Here follows some of the key points, which Becky spoke about during the afternoon. I have specifically pulled out the relevant lessons, which I thought, would be of interest for anyone keen to improve their performance whilst improving their chances of success.

Marginal Gains

Cycling is clearly a highly competitive support and the team is known to focus on marginal gains which all add up to create the milisecond advantages which are the difference between a gold and silver medal.

Becky talked about how she has to test and drill different physical positions in a wind tunnel to make herself as aerodynamic as possible. When the most time and performance efficient postures are found, these positions are drilled into their unconscious minds with high repetition to master these patterns. As you can imagine, under intense physical and mental strain it can be difficult to maintain the correct and most efficient position so by practicing and repeating it in training she has a better awareness and chance of sustaining it. Becky spoke about how her coach drives around on a motorbike alongside her on the track shouting ‘Tuck your elbows in!’ to help her to build high-speed patterns, which transfer to competition. This will allow her to keep her mind clear for instinctive responses and executing her racing strategy.

Learning summary: Efficiency and technique is key, small changes add up, repetition and feedback is essential.


You will have heard the Henry Ford quote, “ Whether you believe you can or you can’t, you are right.” Becky was honest about her struggle to believe in herself and told us that after the disappointment of not making the team for London 2012, she lost belief in her ability to get back to form.

She spoke about feeling overwhelmed when she was far from competition ready and how this was causing her to feel frustrated and down. Becky told us how, in the run up for selection for Rio 2016, Mark Cavendish had given her hope and encouragement. He advised her not to get ahead of herself and reassured her that she had plenty of time. She said that this was a turning point, having someone of that caliber and experience believe in her; it gave her the boost that she needed to get her mindset back on track. Her response was to get even more organized and focus on short-term targets to maintain motivation and prevent her from feeling overwhelmed. This pivot in mindset lead to two Olympic sliver medals in the Keirin and the sprint.

Learning Summary: The positive effect of role models, breaking goals down into more manageable chunks can reduce feeling overwhelmed through improving focus and motivation.


Becky talked about specific techniques, which she uses to prepare for performance. She told me that she is lucky to have had access to great support over the years and she regularly utilizes the skills of psychologists, particularly to overcome injury challenges.

One technique, which she reported to find useful is visualisation. She spoke about how she builds her mental muscles, seeing herself performing on the track and responding in all the different ways that she needs to. I would imagine that she rehearses a number of different scenarios and responses so that she has a bank of familiar memories and outcomes to tap in to when she has to make a split second decision to close a gap, overtake or sprint for the finish line.
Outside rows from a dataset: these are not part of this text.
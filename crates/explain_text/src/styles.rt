// Colours of a terminal.
ghost use Rattle.std.specs.Prelude.{◌≡◌, ◌++◌, OnOk, string_bytes};
ghost use Rattle.explain_text.specs.Styles.{style_end, style_start, styled};

use std::alloc::AllocError;

/// How a part of a text is shown where colours are wanted: bold, and but for the last in a colour.
#[derive(Clone, Copy, Debug, PartialEq, Eq)]
pub(crate) enum Style {
    /// What breaks a build: red.
    Error,
    /// What does not: yellow.
    Warning,
    /// A note: green.
    Note,
    /// A help: cyan.
    Help,
    /// Numbers of lines and what stands around a line: blue.
    Frame,
    /// A message, and the name of a note.
    Bold,
}

// What begins a style.
fn style_start(style: Style) -> &'static str
    ensures { result.now ≡ style_start style }
{
    match style {
        Style::Error => "\x1b[1;91m",
        Style::Warning => "\x1b[1;33m",
        Style::Note => "\x1b[1;92m",
        Style::Help => "\x1b[1;96m",
        Style::Frame => "\x1b[1;94m",
        Style::Bold => "\x1b[1m",
    }
}

// Adds a text in a style.
fn push_painted(text: &mut String, style: Style, inner: &str) -> Result<(), AllocError>
    ensures { OnOk result (string_bytes text.new
        ≡ string_bytes text.old ++ (style_start style ++ (inner.now ++ style_end))) }
{
    text.push_str(style_start(style))?;
    text.push_str(inner)?;
    text.push_str("\x1b[0m")?;
    Ok(())
}

// Adds a text, in a style where colours are wanted.
#[tactic(auto, unfolding(crate::specs::Styles::styled))]
pub(crate) fn push_styled(
    text: &mut String,
    paint: bool,
    style: Style,
    inner: &str,
) -> Result<(), AllocError>
    ensures { OnOk result (string_bytes text.new ≡ string_bytes text.old ++ styled paint style inner.now) }
{
    if paint {
        push_painted(text, style, inner)
    } else {
        text.push_str(inner)
    }
}
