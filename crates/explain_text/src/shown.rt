// What is shown of a line.
ghost use Rattle.std.specs.Prelude.{◌≡◌, ◌++◌, ◌≤◌, ◌+◌, IfOk, OnOk, length, string_bytes, flat_map, replicate};
ghost use Rattle.std.specs.Str.Lossy.{utf8_lossy};
ghost use Rattle.explain_lines.specs.Lines.{spot_at};
ghost use Rattle.explain_text.specs.Shown.{shown_byte, shown_bytes, left_part, right_part, marked_part, is_cut_behind};

use explain_lines::{Spot, shown_from, shown_to};
use std::alloc::{AllocError, Global};

// How many characters of a line are shown before a place, and as many behind it.
const MOST: usize = 80;

// Adds what is shown for a byte: blanks for a tab, nothing for a carriage return, `?` for any other control character.
fn push_shown(shown: &mut Vec<u8>, byte: u8) -> Result<(), AllocError>
    ensures { OnOk result (shown.new.items ≡ shown.old.items ++ shown_byte byte) }
{
    match byte {
        b'\t' => shown.extend_from_slice(b"    "),
        b'\r' => Ok(()),
        0..=31 | 127 => Ok(shown.push(b'?')?),
        _ => Ok(shown.push(byte)?),
    }
}

// The bytes that are shown for these.
fn shown_bytes(alloc: Global, bytes: &[u8]) -> Result<Vec<u8>, AllocError>
    ensures { IfOk result (λ shown. shown.items ≡ shown_bytes bytes.now) }
{
    let mut shown = Vec::with_capacity(alloc, bytes.len())?;
    for byte in bytes {
        push_shown(&mut shown, *byte)?;
    }
    Ok(shown)
}

// The text that is shown for these bytes.
fn shown_text(alloc: Global, bytes: &[u8]) -> Result<String, AllocError>
    ensures { IfOk result (λ text. string_bytes text ≡ utf8_lossy (shown_bytes bytes.now)) }
{
    let shown = shown_bytes(alloc, bytes)?;
    let text = String::from_utf8_lossy(alloc, shown.as_slice())?;
    Ok(text)
}

// What is shown of a line before a spot, with dots where the line begins before it.
pub(crate) fn left_part(alloc: Global, text: &[u8], spot: Spot) -> Result<String, AllocError>
    requires right { spot ≡ spot_at text.now spot.at }
    requires within { spot.at ≤ length text.now }
    ensures { IfOk result (λ part. string_bytes part ≡ left_part text.now spot.at) }
{
    let from = shown_from(text, spot.at, MOST);
    let shown = shown_text(alloc, &text[from..spot.at])?;
    let is_cut = spot.start < from;
    if is_cut {
        let mut part = String::from_str(alloc, "...")?;
        part.push_str(shown.as_str())?;
        return Ok(part);
    }
    Ok(shown)
}

// Whether the line goes on there.
fn is_cut_behind(text: &[u8], to: usize) -> bool
    requires { to ≤ length text.now }
    ensures { result ≡ is_cut_behind text.now to }
{
    to < text.len() && text[to] != b'\n'
}

// What is shown of a line from a place on, with dots where the line goes on behind it.
pub(crate) fn right_part(alloc: Global, text: &[u8], at: usize) -> Result<String, AllocError>
    requires { at ≤ length text.now }
    ensures { IfOk result (λ part. string_bytes part ≡ right_part text.now at) }
{
    let to = shown_to(text, at, MOST);
    let mut shown = shown_text(alloc, &text[at..to])?;
    let is_cut = is_cut_behind(text, to);
    if is_cut {
        shown.push_str("...")?;
        return Ok(shown);
    }
    Ok(shown)
}

// What is shown of that which stands from one byte to another on the line of the first.
pub(crate) fn marked_part(
    alloc: Global,
    text: &[u8],
    at: usize,
    to: usize,
) -> Result<String, AllocError>
    requires { at ≤ length text.now }
    ensures { IfOk result (λ part. string_bytes part ≡ marked_part text.now at to) }
{
    let end = shown_to(text, at, MOST).min(to).max(at);
    let part = shown_text(alloc, &text[at..end])?;
    Ok(part)
}

// So many blanks.
pub(crate) fn blanks(alloc: Global, count: usize) -> Result<String, AllocError>
    ensures { IfOk result (λ text. string_bytes text ≡ replicate count 32) }
{
    let mut text = String::new(alloc);
    for step in 0..count {
        text.push(' ')?;
    }
    Ok(text)
}

// So many carets.
pub(crate) fn carets(alloc: Global, count: usize) -> Result<String, AllocError>
    ensures { IfOk result (λ text. string_bytes text ≡ replicate count 94) }
{
    let mut text = String::new(alloc);
    for step in 0..count {
        text.push('^')?;
    }
    Ok(text)
}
Becky talked about at times feeling intimidated when racing against certain riders, and she described a technique which she found helpful to de- personalise the competition- labeling the competitors, “Person A, Person B and Person C.” She described how this technique helped to reduced anxiety so that she can stay focused on herself and her own strategy.

Becky talked abut how its important for her to find the right level of arousal, not wanting to feel too relaxed prior to a race, nor wanting to wear herself out with adrenaline. Clearly she has worked to develop an awareness of her optimum arousal levels and the skills and confidence to manager her performance state.

Key Learning’s: Visualization is key, De-personalisation techniques can reduce anxiety and stress, self-awareness and state management are essential skills for high pressure situations.

Coaching questions

How can you utilize these learning’s to improve your performance in work or sport?

  1. What action can you take to improve the quality of your sleep? What could start or stop you doing this?
  2. How aware are you of your state? What strategies can you utilize to reduce your anxiety or increase your arousal level, so that you can be at your best?
  3. Where is your lack of self -belief holding you back? What action can you take to improve the results that you are getting? When will you take action?

As always, it’s great to hear how you are utilising these learning’s. Tweet me @performancecirc . Remember to subscribe to the newsletter to get the latest Performance Circle learnings.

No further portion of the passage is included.